A Gap Between Decision Trees and Neural Networks
Akash Kumar
TL;DR
The paper investigates when geometric simplicity of axis-aligned decision boundaries (interpreted as interpretability) conflicts with accurate approximation by shallow ReLU networks. It uses the Radon total variation $\|\cdot\|_{\mathcal{R}}$ to quantify boundary complexity and shows that hard threshold indicators $1_A$ have infinite $\mathcal{R}$-TV, with many common smoothings retaining this pathology in dimension $d>1$, while Gaussian smoothing yields a finite, dimension-dependent bound. A key positive result is that for classification tasks focusing only on thresholding, one can construct a smooth barrier score $S_B$ that exactly recovers the box at a fixed threshold and admits calibration guarantees with finite $\mathcal{R}$TV. However, when learning a calibrated score that remains geometrically simple, there is a sharp trade-off between accuracy and complexity, revealing an intrinsic gap between decision-tree interpretability and score-level learning in higher dimensions.

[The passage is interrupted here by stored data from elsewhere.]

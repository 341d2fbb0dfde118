//! The numbers that a store is formatted with, and which block of the disk is for what.

ghost use Rattle.std.specs.Prelude.{◌≡◌, ◌+◌, ◌<◌, ◌≤◌, ◌↔◌, false, IsTrue};
ghost use Rattle.sd_base.specs.Shape.{IsShape, anchor_place, disk_need, first_image, first_page, page_count, ring_place, vault_need};
ghost use Rattle.sd_base.specs.Places.{map_of_data, map_of_group, map_of_key, map_of_page, page_of_place, place_of_page};

use crate::device::{BlockNo, NodeId};
use crate::names::{GroupNo, Key, PageNo};

/// How many data pages have their entries in a map page.
const PAGES_PER_MAP: u32 = 252;

/// The numbers that a store is formatted with.
#[derive(Clone, Copy, Debug, PartialEq, Eq)]
pub struct Shape {
    /// The number of nodes, from 1 to 8.
    pub nodes: u8,
    /// The number of blocks in the ring of a node's log, from 4 to 4,096.
    pub ring: u32,
    /// The number of map pages, from 1 to 256. Each maps 252 data pages.
    pub maps: u32,
    /// The number of log blocks that the vault keeps of a node, from 1 to 65,536.
    pub keep: u32,
    /// The identifier that each page is born with, at most 2^63.
    pub birth: u64,
}

impl Shape {
    /// Whether each number is in its range.
    pub fn is_valid(&self) -> bool
        ensures { IsTrue result ↔ IsShape self.now }
    {
        (1..=8).contains(&self.nodes)
            && (4..=4096).contains(&self.ring)
            && (1..=256).contains(&self.maps)
            && (1..=65536).contains(&self.keep)
            && self.birth <= 1 << 63
    }

    /// The number of pages: each map page, and its data pages.
    pub fn page_count(&self) -> u32
        requires { IsShape self.now }
        ensures { result ≡ page_count self.now }
    {
        (1 + PAGES_PER_MAP) * self.maps
    }

    /// How many blocks the disk needs.
    pub fn disk_need(&self) -> u64
        requires { IsShape self.now }
        ensures { result ≡ disk_need self.now }
    {
        u64::from(self.first_page() + self.page_count())
    }

    /// How many blocks the vault needs.
    pub fn vault_need(&self) -> u32
        requires { IsShape self.now }
        ensures { result ≡ vault_need self.now }
    {
        self.first_image() + self.page_count()
    }

    /// The block of a page on the disk.
    pub fn page_block(&self, x: PageNo) -> BlockNo
        requires valid { IsShape self.now }
        requires page { x.0 < page_count self.now }
        ensures { result.0 ≡ first_page self.now + x.0 }
    {
        BlockNo(self.first_page() + x.0)
    }

    /// The block of the vault for the image of a page.
    pub fn image_block(&self, x: PageNo) -> BlockNo
        requires valid { IsShape self.now }
        requires page { x.0 < page_count self.now }
        ensures { result.0 ≡ first_image self.now + x.0 }
    {
        BlockNo(self.first_image() + x.0)
    }

    /// The map page that may have an entry for a group.
    pub fn map_of_group(&self, group: GroupNo) -> PageNo
        requires { IsShape self.now }
        ensures at { result.0 ≡ map_of_group self.now group }
        ensures low { result.0 < self.now.maps }
    {
        PageNo(group.0 % self.maps)
    }

    /// The map page that may have an entry for the group of a key.
    pub fn map_of_key(&self, key: Key) -> PageNo
        requires { IsShape self.now }
        ensures at { result.0 ≡ map_of_key self.now key.0 }
        ensures low { result.0 < self.now.maps }
    {
        self.map_of_group(key.group())
    }

    /// The map page that has the entry of a data page.
    pub fn map_of_data(&self, x: PageNo) -> PageNo
        requires valid { IsShape self.now }
        requires data { self.now.maps ≤ x.0 }
        requires page { x.0 < page_count self.now }
        ensures at { result ≡ map_of_data self.now x }
        ensures low { result.0 < self.now.maps }
    {
        PageNo((x.0 - self.maps) / PAGES_PER_MAP)
    }

    /// The map page of any page of the store: of a map page, the page itself.
    pub fn map_of_page(&self, x: PageNo) -> PageNo
        requires valid { IsShape self.now }
        requires page { x.0 < page_count self.now }
        ensures at { result ≡ map_of_page self.now x }
        ensures low { result.0 < self.now.maps }
    {
        if x.0 < self.maps {
            x
        } else {
            self.map_of_data(x)
        }
    }

    /// The place of the entry of a data page in its map page.
    pub fn place_of_page(&self, x: PageNo) -> u8
        requires valid { IsShape self.now }
        requires data { self.now.maps ≤ x.0 }
        requires page { x.0 < page_count self.now }
        ensures at { result ≡ place_of_page self.now x }
        ensures high { result ≤ 251 }
    {
        ((x.0 - self.maps) % PAGES_PER_MAP) as u8
    }

    /// The data page of a place of a map page, for a place from 0 to 251.
    pub fn data_page(&self, map: PageNo, place: u8) -> PageNo
        requires valid { IsShape self.now }
        requires map { map.0 < self.now.maps }
        requires place { place ≤ 251 }
        ensures at { result.0 ≡ page_of_place self.now map.0 place }
        ensures low { self.now.maps ≤ result.0 }
        ensures high { result.0 < page_count self.now }
    {
        PageNo(self.maps + PAGES_PER_MAP * map.0 + u32::from(place))
    }

    /// The block of a node's anchor, on the vault or on the disk, for a node from 1 to `nodes`.
    pub fn anchor_block(&self, vault: bool, n: NodeId) -> BlockNo
        requires valid { IsShape self.now }
        requires node { (1 ≤ n.0) × (n.0 ≤ self.now.nodes) }
        ensures { result.0 ≡ anchor_place vault self.now n.0 }
    {
        if vault {
            BlockNo(u32::from(n.0))
        } else {
            BlockNo(self.disk_anchor(n))
        }
    }

    /// The block of the disk for the log block of a node with this number, for a node from 1 to
    /// `nodes`. Numbers that leave the same rest by `ring` share a block.
    pub fn ring_block(&self, n: NodeId, number: u64) -> BlockNo
        requires valid { IsShape self.now }
        requires node { (1 ≤ n.0) × (n.0 ≤ self.now.nodes) }
        ensures { result.0 ≡ ring_place self.now n.0 number }
    {
        let place = (number % u64::from(self.ring)) as u32;
        BlockNo(self.disk_anchor(n) + 1 + place)
    }

    fn disk_anchor(&self, n: NodeId) -> u32
        requires valid { IsShape self.now }
        requires node { (1 ≤ n.0) × (n.0 ≤ self.now.nodes) }
        ensures at { result ≡ anchor_place false self.now n.0 }
        ensures low { result + self.now.ring < 32777 }
    {
        1 + u32::from(n.0 - 1) * (self.ring + 1)
    }

    fn first_page(&self) -> u32
        requires { IsShape self.now }
        ensures at { result ≡ first_page self.now }
        ensures low { result ≤ 32777 }
    {
        1 + u32::from(self.nodes) * (self.ring + 1)
    }

    fn first_image(&self) -> u32
        requires { IsShape self.now }
        ensures at { result ≡ first_image self.now }
        ensures low { result ≤ 524297 }
    {
        let nodes = u32::from(self.nodes);
        1 + nodes + nodes * self.keep
    }
}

The experiments on synthetic box unions illustrate how threshold tuning can alter the decision set without changing the learned score, highlighting the practical implication that threshold-focused evaluations may mask underlying score geometry.
Abstract
We study when geometric simplicity of decision boundaries, used here as a notion of interpretability, can conflict with accurate approximation of axis-aligned decision trees by shallow neural networks. Decision trees induce rule-based, axis-aligned decision regions (finite unions of boxes), whereas shallow ReLU networks are typically trained as score models whose predictions are obtained by thresholding. We analyze the infinite-width, bounded-norm, single-hidden-layer ReLU class through the Radon total variation ($\mathrm{R}\mathrm{TV}$) seminorm, which controls the geometric complexity of level sets. We first show that the hard tree indicator $1_A$ has infinite $\mathrm{R}\mathrm{TV}$. Moreover, two natural split-wise continuous surrogates--piecewise-linear ramp smoothing and sigmoidal (logistic) smoothing--also have infinite $\mathrm{R}\mathrm{TV}$ in dimensions $d>1$, while Gaussian convolution yields finite $\mathrm{R}\mathrm{TV}$ but with an explicit exponential dependence on $d$. We then separate two goals that are often conflated: classification after thresholding (recovering the decision set) versus score learning (learning a calibrated score close to $1_A$). For classification, we construct a smooth barrier score $S_A$ with finite $\mathrm{R}\mathrm{TV}$ whose fixed threshold $τ=1$ exactly recovers the box. Under a mild tube-mass condition near $\partial A$, we prove an $L_1(P)$ calibration bound that decays polynomially in a sharpness parameter, along with an explicit $\mathrm{R}\mathrm{TV}$ upper bound in terms of face measures. Experiments on synthetic unions of rectangles illustrate the resulting accuracy--complexity tradeoff and how threshold selection shifts where training lands along it.